Excerpted data »
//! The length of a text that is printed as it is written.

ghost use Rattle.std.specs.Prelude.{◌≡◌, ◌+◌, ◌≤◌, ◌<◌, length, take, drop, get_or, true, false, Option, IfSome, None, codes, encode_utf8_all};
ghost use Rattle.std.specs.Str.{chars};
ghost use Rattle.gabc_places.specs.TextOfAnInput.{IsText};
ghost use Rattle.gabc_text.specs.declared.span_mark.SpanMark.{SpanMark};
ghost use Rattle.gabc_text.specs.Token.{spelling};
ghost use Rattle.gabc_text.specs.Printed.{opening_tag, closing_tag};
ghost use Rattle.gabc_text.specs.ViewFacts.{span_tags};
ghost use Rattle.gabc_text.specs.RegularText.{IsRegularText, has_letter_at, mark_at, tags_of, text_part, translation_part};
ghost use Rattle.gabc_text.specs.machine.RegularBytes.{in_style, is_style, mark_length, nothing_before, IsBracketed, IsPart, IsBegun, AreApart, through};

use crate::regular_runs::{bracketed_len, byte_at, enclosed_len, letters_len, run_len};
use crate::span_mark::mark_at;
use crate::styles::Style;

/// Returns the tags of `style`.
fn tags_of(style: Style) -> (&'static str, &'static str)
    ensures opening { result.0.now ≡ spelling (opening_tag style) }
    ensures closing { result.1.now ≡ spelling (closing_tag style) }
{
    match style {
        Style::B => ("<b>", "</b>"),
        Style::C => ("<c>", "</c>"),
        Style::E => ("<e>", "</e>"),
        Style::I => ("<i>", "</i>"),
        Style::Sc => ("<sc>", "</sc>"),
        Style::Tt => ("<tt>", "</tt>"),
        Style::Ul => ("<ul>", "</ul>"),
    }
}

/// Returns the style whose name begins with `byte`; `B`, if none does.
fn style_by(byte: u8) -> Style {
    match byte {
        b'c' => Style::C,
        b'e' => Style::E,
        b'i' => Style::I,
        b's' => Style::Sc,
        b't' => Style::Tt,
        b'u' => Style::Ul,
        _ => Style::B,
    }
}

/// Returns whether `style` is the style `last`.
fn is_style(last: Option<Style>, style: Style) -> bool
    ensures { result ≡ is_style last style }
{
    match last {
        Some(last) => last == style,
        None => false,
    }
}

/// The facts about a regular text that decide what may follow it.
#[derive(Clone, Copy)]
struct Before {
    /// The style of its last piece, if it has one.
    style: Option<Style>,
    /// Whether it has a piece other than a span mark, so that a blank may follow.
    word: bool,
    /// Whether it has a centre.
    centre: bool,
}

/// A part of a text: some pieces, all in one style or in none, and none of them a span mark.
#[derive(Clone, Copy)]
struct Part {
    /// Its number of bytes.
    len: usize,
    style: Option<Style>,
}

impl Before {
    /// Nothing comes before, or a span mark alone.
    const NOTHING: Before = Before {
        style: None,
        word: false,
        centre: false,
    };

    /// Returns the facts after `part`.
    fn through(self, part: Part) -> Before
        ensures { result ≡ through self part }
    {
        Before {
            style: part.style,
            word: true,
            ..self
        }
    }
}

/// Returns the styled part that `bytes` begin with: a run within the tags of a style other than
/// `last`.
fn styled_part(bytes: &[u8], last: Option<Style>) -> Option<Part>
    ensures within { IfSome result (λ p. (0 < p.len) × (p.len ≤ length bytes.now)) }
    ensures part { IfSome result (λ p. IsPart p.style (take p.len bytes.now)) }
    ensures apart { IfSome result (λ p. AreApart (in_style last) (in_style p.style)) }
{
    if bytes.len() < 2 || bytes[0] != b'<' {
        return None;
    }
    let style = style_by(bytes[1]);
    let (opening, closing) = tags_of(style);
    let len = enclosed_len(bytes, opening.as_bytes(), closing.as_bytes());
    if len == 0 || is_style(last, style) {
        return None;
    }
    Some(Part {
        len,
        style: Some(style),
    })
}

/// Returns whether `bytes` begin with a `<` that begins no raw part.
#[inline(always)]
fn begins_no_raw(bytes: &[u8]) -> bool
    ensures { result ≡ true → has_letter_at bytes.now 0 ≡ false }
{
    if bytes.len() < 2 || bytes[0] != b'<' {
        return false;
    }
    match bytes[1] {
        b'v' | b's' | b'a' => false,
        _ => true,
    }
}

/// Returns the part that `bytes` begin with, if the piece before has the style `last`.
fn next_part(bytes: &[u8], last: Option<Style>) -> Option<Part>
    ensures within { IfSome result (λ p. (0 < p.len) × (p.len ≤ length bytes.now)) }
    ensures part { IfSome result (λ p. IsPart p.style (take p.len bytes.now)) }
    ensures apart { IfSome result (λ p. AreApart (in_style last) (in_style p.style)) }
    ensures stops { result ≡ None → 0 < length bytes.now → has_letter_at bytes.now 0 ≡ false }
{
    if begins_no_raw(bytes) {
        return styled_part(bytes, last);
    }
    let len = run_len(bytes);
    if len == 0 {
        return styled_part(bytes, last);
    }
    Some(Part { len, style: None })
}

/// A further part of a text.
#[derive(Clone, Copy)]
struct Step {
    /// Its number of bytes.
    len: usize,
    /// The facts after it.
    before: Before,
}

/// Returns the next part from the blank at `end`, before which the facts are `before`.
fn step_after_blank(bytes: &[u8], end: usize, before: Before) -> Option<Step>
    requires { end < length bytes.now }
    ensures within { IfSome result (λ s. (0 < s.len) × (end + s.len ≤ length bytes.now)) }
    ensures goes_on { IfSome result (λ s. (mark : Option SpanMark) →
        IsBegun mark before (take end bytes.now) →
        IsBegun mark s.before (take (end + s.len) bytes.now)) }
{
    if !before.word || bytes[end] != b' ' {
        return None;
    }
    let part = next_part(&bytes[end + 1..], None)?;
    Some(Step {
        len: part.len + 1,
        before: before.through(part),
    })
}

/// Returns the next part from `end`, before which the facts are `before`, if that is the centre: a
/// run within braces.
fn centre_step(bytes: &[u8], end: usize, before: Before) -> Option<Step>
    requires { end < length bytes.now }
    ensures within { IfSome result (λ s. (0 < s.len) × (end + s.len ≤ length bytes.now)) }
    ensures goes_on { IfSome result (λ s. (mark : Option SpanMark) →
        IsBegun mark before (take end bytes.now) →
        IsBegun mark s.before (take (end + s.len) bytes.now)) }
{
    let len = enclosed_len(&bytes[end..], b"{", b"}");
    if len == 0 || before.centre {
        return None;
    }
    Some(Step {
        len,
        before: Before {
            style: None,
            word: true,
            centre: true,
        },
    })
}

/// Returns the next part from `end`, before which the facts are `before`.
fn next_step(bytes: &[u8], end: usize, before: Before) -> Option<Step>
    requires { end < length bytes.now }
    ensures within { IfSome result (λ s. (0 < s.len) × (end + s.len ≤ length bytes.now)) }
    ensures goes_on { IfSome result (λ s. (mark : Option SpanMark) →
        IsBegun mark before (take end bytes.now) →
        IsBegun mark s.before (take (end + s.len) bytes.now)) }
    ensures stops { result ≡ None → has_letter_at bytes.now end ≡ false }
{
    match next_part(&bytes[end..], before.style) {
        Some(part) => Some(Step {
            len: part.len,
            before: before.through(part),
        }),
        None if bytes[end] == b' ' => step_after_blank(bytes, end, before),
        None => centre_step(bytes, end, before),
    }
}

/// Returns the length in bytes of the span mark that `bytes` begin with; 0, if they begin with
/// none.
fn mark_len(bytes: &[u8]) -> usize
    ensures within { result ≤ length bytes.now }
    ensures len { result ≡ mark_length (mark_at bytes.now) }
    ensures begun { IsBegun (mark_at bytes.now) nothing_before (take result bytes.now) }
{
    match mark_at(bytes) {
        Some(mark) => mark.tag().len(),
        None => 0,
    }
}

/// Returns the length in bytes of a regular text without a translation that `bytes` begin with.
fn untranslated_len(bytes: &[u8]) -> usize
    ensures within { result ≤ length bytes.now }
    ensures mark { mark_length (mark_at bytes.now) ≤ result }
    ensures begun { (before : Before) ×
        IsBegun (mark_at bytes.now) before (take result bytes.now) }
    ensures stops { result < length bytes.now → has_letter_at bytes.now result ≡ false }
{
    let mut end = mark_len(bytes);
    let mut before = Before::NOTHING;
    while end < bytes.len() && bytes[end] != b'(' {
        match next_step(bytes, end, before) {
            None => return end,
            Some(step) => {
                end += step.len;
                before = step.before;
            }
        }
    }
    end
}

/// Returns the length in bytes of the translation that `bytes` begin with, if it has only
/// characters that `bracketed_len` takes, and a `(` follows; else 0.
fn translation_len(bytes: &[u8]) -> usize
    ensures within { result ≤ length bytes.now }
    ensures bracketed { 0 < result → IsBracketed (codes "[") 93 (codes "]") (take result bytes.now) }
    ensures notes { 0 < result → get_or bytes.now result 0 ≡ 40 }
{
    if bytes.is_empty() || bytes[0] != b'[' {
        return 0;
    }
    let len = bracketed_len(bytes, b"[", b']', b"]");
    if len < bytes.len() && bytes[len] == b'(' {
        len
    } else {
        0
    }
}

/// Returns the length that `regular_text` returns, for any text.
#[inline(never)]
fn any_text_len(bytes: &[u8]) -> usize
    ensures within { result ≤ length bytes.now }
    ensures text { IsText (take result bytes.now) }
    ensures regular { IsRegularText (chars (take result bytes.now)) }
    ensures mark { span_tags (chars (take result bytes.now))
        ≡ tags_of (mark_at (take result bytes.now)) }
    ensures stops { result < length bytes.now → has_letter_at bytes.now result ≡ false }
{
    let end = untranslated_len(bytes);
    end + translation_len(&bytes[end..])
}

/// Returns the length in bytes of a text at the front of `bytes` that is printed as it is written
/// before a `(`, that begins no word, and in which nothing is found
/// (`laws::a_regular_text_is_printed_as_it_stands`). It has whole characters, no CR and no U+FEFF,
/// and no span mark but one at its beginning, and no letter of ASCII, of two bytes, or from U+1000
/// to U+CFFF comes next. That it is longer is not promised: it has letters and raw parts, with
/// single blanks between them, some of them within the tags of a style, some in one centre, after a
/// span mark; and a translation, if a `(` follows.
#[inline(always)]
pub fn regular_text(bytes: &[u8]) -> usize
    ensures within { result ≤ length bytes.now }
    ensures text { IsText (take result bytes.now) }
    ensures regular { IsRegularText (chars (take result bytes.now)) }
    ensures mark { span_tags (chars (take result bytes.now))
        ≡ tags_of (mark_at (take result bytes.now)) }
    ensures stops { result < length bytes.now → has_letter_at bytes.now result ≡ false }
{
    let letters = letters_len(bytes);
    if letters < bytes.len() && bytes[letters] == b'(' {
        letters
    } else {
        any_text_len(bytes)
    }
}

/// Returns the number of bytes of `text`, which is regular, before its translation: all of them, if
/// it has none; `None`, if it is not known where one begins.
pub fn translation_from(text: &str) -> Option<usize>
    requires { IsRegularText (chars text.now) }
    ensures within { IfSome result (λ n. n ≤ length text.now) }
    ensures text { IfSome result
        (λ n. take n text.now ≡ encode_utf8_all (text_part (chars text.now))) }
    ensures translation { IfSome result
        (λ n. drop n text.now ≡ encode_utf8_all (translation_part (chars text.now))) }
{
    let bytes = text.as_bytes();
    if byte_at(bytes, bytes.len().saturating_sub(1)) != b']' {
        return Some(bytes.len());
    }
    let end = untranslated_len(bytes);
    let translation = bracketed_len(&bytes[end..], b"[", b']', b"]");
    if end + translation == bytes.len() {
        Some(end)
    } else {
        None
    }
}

Directions » Pull every line containing the word "struct" out of the entries above.

Task answer »
struct Before {
struct Part {
struct Step {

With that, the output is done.